Lift out, unaltered, the lines of the material below between the line holding "filename crates/view_text/src/layer.rt" and the line holding "use cert_text::Head;", counting both.

# DATA SUPPLIED:
.....

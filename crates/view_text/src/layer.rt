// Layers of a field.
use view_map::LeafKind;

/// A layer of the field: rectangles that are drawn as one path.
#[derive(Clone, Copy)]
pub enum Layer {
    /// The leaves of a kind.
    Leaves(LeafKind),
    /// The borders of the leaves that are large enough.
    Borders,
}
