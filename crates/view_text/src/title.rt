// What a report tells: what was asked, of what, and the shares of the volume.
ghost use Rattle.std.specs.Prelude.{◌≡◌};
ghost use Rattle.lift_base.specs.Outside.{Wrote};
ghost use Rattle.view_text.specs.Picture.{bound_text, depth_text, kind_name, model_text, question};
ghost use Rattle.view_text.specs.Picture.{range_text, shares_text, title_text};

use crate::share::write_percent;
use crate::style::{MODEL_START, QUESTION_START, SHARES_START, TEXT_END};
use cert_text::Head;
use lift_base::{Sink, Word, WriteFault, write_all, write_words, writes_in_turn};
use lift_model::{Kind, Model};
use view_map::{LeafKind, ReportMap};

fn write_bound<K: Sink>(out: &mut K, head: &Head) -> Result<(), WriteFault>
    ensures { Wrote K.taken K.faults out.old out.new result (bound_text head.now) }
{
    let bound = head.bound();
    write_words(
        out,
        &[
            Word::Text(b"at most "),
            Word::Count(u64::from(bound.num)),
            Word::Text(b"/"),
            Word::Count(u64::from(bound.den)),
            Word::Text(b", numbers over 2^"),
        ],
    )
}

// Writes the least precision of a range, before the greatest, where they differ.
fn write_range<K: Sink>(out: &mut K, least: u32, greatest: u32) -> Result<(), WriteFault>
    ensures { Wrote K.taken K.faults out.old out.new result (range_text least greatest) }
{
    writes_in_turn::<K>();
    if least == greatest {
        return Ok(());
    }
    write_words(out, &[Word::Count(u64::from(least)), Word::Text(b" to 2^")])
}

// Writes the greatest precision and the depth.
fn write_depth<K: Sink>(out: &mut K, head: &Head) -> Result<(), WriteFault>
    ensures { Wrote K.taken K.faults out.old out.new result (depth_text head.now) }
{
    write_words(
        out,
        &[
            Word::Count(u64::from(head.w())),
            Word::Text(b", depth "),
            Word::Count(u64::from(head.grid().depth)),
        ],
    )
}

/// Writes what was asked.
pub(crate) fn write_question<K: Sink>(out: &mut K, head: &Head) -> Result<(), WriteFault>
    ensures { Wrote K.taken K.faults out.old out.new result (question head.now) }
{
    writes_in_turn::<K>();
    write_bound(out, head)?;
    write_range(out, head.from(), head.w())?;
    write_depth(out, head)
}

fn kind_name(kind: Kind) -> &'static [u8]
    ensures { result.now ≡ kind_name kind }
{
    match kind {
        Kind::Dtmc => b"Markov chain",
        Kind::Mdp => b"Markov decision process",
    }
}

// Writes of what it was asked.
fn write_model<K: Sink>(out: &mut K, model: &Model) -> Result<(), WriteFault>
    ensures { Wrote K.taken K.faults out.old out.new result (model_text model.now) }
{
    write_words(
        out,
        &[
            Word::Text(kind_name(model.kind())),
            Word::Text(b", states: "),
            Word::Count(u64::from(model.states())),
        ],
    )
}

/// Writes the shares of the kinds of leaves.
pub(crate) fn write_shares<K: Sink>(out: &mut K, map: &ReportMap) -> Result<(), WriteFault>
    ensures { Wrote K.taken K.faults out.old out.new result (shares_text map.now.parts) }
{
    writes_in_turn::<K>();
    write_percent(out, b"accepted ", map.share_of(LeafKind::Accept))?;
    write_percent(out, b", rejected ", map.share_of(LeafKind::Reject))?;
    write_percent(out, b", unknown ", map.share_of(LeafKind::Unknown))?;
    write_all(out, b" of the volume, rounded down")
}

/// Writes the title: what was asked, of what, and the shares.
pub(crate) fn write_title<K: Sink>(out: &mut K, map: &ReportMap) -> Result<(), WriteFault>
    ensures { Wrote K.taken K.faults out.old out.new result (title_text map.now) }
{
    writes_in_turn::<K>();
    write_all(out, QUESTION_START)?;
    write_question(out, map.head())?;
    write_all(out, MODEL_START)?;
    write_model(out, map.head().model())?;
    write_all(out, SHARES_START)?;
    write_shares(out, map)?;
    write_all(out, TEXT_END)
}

.....

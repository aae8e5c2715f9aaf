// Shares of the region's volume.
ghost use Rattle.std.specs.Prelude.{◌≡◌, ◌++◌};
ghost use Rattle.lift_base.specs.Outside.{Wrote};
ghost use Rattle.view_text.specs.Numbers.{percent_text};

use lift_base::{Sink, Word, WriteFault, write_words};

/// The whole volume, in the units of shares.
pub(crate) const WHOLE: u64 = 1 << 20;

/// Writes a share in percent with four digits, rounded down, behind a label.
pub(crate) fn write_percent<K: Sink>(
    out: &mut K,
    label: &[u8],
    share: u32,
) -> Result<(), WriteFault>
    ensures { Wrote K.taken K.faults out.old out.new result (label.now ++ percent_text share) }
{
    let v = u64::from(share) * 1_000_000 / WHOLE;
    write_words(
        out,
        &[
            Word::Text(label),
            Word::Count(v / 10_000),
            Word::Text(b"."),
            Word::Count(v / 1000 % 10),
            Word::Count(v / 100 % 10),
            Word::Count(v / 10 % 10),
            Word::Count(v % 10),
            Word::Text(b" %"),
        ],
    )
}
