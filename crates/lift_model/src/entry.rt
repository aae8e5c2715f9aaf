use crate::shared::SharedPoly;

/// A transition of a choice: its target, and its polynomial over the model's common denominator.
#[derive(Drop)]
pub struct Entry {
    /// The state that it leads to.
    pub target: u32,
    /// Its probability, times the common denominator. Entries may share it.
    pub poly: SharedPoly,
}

.....

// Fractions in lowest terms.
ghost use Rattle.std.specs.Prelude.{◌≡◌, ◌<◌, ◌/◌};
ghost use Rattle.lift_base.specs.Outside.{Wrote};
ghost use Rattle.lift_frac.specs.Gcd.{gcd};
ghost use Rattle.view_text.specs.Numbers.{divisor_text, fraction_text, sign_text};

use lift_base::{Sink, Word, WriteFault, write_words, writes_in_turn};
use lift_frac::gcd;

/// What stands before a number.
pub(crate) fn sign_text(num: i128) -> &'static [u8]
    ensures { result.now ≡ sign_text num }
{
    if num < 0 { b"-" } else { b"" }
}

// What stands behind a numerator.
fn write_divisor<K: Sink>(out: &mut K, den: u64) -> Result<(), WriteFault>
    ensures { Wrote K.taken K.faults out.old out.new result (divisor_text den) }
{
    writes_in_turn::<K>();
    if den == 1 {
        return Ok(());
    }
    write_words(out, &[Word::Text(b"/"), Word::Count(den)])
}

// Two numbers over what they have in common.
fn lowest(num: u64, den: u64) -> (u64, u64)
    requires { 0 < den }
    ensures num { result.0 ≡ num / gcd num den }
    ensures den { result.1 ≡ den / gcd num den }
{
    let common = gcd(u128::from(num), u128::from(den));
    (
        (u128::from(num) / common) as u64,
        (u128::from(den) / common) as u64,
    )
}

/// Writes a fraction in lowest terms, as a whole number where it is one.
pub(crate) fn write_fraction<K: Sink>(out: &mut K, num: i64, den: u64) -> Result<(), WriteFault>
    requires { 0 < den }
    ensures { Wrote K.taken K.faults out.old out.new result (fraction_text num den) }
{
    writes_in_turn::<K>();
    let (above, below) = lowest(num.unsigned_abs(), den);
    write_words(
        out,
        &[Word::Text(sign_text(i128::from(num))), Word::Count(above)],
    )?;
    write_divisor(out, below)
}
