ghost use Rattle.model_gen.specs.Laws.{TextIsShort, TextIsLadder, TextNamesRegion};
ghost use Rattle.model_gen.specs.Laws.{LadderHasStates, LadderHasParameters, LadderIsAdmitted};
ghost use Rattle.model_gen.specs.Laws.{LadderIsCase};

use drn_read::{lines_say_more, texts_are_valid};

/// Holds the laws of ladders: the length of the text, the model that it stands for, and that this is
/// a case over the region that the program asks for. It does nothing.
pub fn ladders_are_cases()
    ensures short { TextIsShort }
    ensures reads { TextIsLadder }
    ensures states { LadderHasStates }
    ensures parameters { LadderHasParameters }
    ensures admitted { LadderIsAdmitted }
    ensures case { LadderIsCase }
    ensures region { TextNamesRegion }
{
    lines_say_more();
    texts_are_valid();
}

.....

# THE COMPLETED TASK:
filename crates/view_text/src/layer.rt
// Layers of a field.
use view_map::LeafKind;

/// A layer of the field: rectangles that are drawn as one path.
#[derive(Clone, Copy)]
pub enum Layer {
    /// The leaves of a kind.
    Leaves(LeafKind),
    /// The borders of the leaves that are large enough.
    Borders,
}
filename crates/view_text/src/title.rt
// What a report tells: what was asked, of what, and the shares of the volume.
ghost use Rattle.std.specs.Prelude.{◌≡◌};
ghost use Rattle.lift_base.specs.Outside.{Wrote};
ghost use Rattle.view_text.specs.Picture.{bound_text, depth_text, kind_name, model_text, question};
ghost use Rattle.view_text.specs.Picture.{range_text, shares_text, title_text};

use crate::share::write_percent;
use crate::style::{MODEL_START, QUESTION_START, SHARES_START, TEXT_END};
use cert_text::Head;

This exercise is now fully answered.